> **TASK BRIEF**
Starting at the line that holds "low <= high || low - 1 == high" and stopping at the line that holds "fn pieces_fault(pieces: &[RangeText])", restate the records below word for word, with both of those lines included.

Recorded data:
[Start of section]
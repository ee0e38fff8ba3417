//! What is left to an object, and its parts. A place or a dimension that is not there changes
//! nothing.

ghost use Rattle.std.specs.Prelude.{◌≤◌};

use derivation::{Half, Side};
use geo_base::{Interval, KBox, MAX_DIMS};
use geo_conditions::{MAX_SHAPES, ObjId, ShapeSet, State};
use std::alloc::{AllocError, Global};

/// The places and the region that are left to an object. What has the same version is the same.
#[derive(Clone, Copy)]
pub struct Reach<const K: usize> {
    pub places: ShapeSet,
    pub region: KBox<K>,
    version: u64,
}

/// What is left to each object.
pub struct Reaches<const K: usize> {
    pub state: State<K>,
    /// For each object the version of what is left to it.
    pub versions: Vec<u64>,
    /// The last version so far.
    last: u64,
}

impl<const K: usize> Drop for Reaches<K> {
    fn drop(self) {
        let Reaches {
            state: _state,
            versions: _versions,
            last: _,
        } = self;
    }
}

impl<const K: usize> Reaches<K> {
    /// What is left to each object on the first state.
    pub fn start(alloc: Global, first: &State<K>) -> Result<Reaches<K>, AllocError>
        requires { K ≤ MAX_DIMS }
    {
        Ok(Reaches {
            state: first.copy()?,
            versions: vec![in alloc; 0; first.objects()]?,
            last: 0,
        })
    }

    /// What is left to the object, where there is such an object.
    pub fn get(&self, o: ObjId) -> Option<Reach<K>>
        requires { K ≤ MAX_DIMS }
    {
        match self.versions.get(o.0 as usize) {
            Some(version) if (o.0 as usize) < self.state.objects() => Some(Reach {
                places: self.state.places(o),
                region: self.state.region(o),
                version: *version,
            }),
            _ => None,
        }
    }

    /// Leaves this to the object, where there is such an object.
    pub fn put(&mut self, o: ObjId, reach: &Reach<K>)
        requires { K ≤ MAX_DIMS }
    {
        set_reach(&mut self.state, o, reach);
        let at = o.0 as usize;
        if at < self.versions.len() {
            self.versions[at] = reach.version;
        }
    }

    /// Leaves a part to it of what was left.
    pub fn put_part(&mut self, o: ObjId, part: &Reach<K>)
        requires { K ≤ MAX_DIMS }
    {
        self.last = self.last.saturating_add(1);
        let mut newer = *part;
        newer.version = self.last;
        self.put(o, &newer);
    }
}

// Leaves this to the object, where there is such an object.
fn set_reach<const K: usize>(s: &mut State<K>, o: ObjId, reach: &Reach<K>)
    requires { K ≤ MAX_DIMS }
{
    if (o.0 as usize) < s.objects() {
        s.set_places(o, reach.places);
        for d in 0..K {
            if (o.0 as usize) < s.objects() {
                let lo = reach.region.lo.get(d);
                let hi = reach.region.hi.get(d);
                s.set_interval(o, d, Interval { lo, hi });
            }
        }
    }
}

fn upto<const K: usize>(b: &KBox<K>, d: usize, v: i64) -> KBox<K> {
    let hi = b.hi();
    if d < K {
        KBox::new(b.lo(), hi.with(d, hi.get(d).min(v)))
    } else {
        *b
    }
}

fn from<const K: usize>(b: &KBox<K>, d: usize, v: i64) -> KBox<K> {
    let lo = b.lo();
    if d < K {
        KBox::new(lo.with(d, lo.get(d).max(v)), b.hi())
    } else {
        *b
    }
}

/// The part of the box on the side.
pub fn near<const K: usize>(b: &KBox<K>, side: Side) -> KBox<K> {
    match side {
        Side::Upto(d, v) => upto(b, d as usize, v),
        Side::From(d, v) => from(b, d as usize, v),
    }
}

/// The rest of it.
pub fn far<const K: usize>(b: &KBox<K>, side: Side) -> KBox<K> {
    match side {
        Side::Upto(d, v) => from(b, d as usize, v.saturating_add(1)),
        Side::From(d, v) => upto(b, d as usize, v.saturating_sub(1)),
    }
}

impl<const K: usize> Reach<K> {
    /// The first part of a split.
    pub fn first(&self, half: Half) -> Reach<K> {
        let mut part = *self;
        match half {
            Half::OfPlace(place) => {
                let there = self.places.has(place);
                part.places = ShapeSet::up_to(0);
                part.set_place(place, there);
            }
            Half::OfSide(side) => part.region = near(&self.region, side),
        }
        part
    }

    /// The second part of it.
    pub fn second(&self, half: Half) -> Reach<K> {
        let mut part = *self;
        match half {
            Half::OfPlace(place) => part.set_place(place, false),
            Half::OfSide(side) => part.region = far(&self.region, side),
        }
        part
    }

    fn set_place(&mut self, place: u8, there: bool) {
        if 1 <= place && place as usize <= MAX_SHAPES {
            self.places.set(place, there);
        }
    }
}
[End of section]
[Start of section]
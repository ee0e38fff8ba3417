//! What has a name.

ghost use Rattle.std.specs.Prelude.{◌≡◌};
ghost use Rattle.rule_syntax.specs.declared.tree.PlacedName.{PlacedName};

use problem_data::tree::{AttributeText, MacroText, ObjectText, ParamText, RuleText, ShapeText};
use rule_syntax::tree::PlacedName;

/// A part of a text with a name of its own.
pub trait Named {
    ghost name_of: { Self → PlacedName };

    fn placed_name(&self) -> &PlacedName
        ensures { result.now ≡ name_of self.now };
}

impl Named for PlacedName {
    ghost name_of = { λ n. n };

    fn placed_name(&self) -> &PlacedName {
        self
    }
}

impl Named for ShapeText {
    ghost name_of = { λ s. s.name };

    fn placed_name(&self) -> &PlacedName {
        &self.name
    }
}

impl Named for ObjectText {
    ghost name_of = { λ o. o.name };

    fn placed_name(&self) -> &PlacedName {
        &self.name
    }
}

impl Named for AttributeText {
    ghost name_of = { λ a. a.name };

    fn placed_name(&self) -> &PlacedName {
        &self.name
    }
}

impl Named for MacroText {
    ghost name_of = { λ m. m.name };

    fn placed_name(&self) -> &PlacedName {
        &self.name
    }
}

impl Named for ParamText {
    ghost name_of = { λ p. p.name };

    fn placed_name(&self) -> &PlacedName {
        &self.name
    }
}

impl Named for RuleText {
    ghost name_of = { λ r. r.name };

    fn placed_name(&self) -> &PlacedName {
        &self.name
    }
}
[End of section]
[Start of section]
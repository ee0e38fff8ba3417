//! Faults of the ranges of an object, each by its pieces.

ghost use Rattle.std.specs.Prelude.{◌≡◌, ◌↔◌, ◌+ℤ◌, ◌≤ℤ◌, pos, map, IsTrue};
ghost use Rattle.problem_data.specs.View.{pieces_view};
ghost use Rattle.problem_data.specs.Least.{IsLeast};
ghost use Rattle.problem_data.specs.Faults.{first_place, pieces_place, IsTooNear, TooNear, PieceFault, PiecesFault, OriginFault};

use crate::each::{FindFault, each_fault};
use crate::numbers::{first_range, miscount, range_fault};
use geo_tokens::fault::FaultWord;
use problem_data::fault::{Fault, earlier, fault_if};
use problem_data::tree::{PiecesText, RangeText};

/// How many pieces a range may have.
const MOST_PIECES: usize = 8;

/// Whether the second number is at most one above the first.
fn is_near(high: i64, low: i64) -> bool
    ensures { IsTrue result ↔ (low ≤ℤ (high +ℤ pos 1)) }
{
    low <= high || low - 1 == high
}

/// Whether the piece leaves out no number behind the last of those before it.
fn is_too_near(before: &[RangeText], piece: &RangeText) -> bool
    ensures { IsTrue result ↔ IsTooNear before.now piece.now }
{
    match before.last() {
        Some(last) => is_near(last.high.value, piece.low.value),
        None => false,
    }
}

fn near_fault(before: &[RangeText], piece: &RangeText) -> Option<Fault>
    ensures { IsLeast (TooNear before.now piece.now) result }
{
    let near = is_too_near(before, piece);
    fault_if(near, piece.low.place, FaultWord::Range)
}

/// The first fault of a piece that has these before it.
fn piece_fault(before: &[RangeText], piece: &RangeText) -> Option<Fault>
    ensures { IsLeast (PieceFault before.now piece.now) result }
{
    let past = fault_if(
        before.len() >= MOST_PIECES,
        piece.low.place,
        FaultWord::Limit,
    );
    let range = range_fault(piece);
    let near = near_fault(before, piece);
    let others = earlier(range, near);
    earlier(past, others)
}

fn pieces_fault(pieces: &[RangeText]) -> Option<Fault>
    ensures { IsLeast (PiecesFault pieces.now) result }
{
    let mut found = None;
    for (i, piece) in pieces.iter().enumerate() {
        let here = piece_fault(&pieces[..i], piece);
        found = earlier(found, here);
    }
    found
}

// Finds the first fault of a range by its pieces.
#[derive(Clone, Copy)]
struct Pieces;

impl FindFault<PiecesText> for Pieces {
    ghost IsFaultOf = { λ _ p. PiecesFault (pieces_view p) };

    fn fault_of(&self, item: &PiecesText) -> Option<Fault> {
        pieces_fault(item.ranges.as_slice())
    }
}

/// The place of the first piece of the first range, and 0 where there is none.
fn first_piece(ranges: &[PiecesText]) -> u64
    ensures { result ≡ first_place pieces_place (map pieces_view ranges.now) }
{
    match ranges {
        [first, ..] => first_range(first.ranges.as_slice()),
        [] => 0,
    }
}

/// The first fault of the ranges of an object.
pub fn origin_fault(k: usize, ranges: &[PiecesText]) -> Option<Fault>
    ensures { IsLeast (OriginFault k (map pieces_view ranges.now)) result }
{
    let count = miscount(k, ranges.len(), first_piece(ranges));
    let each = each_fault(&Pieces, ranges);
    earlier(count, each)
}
[End of section]
> **THE COMPLETED TASK**
    low <= high || low - 1 == high
}

/// Whether the piece leaves out no number behind the last of those before it.
fn is_too_near(before: &[RangeText], piece: &RangeText) -> bool
    ensures { IsTrue result ↔ IsTooNear before.now piece.now }
{
    match before.last() {
        Some(last) => is_near(last.high.value, piece.low.value),
        None => false,
    }
}

fn near_fault(before: &[RangeText], piece: &RangeText) -> Option<Fault>
    ensures { IsLeast (TooNear before.now piece.now) result }
{
    let near = is_too_near(before, piece);
    fault_if(near, piece.low.place, FaultWord::Range)
}

/// The first fault of a piece that has these before it.
fn piece_fault(before: &[RangeText], piece: &RangeText) -> Option<Fault>
    ensures { IsLeast (PieceFault before.now piece.now) result }
{
    let past = fault_if(
        before.len() >= MOST_PIECES,
        piece.low.place,
        FaultWord::Limit,
    );
    let range = range_fault(piece);
    let near = near_fault(before, piece);
    let others = earlier(range, near);
    earlier(past, others)
}

fn pieces_fault(pieces: &[RangeText]) -> Option<Fault>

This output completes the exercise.